#### Stored records:
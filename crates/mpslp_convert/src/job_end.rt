//! How jobs end: the line of an error, and the exit status.

ghost use Rattle.std.specs.Prelude.{◌≡◌, ◌++◌, [], ℕ, List, true, Result, if◌then◌else◌};
ghost use Rattle.mpslp_conversions.specs.FaultLine.{fault_line};
ghost use Rattle.mpslp_convert.specs.Performed.{sink_change, failure_of, input_text, is_of_input, failure_line, comparison_failure, refusal_line, refusal_status, IsReported, IsEnded, IsPrinted, IsRefused, ended_by};

use mpslp_command::JobFault;
use mpslp_conversions::{ConvertFault, RunFault, line_of};
use mpslp_io::{Buffer, Output};
use mpslp_model::{Sink, put_all};

/// The exit status of arguments that are not a job.
const WRONG_WORDS: u8 = 3;

/// The exit status if there was no memory for the arguments.
const NO_MEMORY: u8 = 5;

/// The input that an error belongs to.
#[derive(Clone, Copy)]
pub(crate) enum Input {
    Only,
    First,
    Second,
}

impl Input {
    fn text(self) -> &'static [u8]
        ensures { result.now ≡ input_text self }
    {
        match self {
            Input::Only => b"".as_slice(),
            Input::First => b"first: ".as_slice(),
            Input::Second => b"second: ".as_slice(),
        }
    }
}

/// Why a job was not done.
#[derive(Drop)]
pub(crate) struct Failure {
    input: Input,
    fault: RunFault,
}

impl Failure {
    pub(crate) fn new(input: Input, fault: RunFault) -> Failure
        ensures { result ≡ failure_of input fault }
    {
        Failure { input, fault }
    }

    /// The failure of a comparison.
    pub(crate) fn of_comparison(fault: ConvertFault) -> Failure
        ensures { result ≡ comparison_failure fault }
    {
        match fault {
            ConvertFault::First(fault) => Failure::new(Input::First, RunFault::File(fault)),
            ConvertFault::Second(fault) => Failure::new(Input::Second, RunFault::File(fault)),
            ConvertFault::NotLp(name_at) => Failure::new(Input::Only, RunFault::NotLp(name_at)),
            ConvertFault::OutOfMemory => Failure::new(Input::Only, RunFault::OutOfMemory),
        }
    }
}

/// Whether an error belongs to an input, so that its line names the input.
fn is_of_input(fault: &RunFault) -> bool
    ensures { result ≡ is_of_input fault.now }
{
    matches!(
        fault,
        RunFault::Read | RunFault::TooLong | RunFault::File(_)
    )
}

/// Writes three pieces as one text, as far as the sink takes it, and does not flush.
fn print_line<E: Sink>(err: &mut E, front: &[u8], middle: &[u8], end: &[u8])
    ensures answer { IsReported (sink_change E.Sink err.old err.new) (front.now ++ middle.now ++ end.now) }
    ensures err_stays { E.failed err.old ≡ true → E.failed err.new ≡ true }
{
    let mut buffer = Buffer::new();
    let mut output = Output::new(err, &mut buffer);
    output.put(front);
    output.put(middle);
    output.put(end);
    let _ = output.finish();
}

/// Writes the line of a failure.
fn report_failure<E: Sink>(failure: &Failure, err: &mut E)
    ensures answer { IsReported (sink_change E.Sink err.old err.new) (failure_line failure.now) }
    ensures err_stays { E.failed err.old ≡ true → E.failed err.new ≡ true }
{
    let line = line_of(&failure.fault);
    let input = if is_of_input(&failure.fault) {
        failure.input.text()
    } else {
        b"".as_slice()
    };
    print_line(err, input, line.as_bytes(), b"");
}

/// Returns the exit status of a job, and reports its failure if there is one.
pub(crate) fn status_of_end<E: Sink>(end: &Result<u8, Failure>, err: &mut E) -> u8
    ensures answer { IsEnded (sink_change E.Sink err.old err.new) end.now result }
    ensures err_stays { E.failed err.old ≡ true → E.failed err.new ≡ true }
{
    match end {
        Ok(status) => *status,
        Err(failure) => {
            report_failure(failure, err);
            failure.fault.status()
        }
    }
}

/// Writes a text to a sink, and flushes it once.
pub(crate) fn print<W: Sink>(text: &[u8], out: &mut W) -> Result<(), RunFault>
    ensures answer { IsPrinted (sink_change W.Sink out.old out.new) text.now result }
    ensures out_stays { W.failed out.old ≡ true → W.failed out.new ≡ true }
{
    let mut written = 0;
    if put_all(out, &mut written, text).is_err() {
        return Err(RunFault::Write { written });
    }
    match out.flush() {
        Ok(()) => Ok(()),
        Err(_) => Err(RunFault::Write { written }),
    }
}

/// The end of a job whose last step had this result.
pub(crate) fn ended_by(status: u8, answer: Result<(), RunFault>) -> Result<u8, Failure>
    ensures { result ≡ ended_by status answer }
{
    match answer {
        Ok(()) => Ok(status),
        Err(fault) => Err(Failure::new(Input::Only, fault)),
    }
}

/// Reports why there is no job, and returns the exit status.
pub(crate) fn refuse<W: Sink, E: Sink>(fault: &JobFault, out: &mut W, err: &mut E) -> u8
    ensures answer { IsRefused (sink_change W.Sink out.old out.new) (sink_change E.Sink err.old err.new) fault.now result }
    ensures out_stays { W.failed out.old ≡ true → W.failed out.new ≡ true }
    ensures err_stays { E.failed err.old ≡ true → E.failed err.new ≡ true }
{
    match fault {
        JobFault::Help(text) => {
            let answer = print(text.as_str().as_bytes(), out);
            status_of_end(&ended_by(0, answer), err)
        }
        JobFault::Usage(text) => {
            print_line(err, text.as_str().as_bytes(), b"", b"");
            WRONG_WORDS
        }
        JobFault::UnknownFormat(word) => {
            print_line(err, b"unknown format: ", word.as_str().as_bytes(), b"\n");
            WRONG_WORDS
        }
        JobFault::BothInputs => {
            print_line(err, b"both inputs are -\n", b"", b"");
            WRONG_WORDS
        }
        JobFault::OutOfMemory => {
            print_line(err, b"out of memory\n", b"", b"");
            NO_MEMORY
        }
    }
}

#### Instructions for the task:
Search the entries for the word "exit", then copy every line in which it is found.

#### Answer for the task:
//! How jobs end: the line of an error, and the exit status.
/// The exit status of arguments that are not a job.
/// The exit status if there was no memory for the arguments.
/// Returns the exit status of a job, and reports its failure if there is one.
/// Reports why there is no job, and returns the exit status.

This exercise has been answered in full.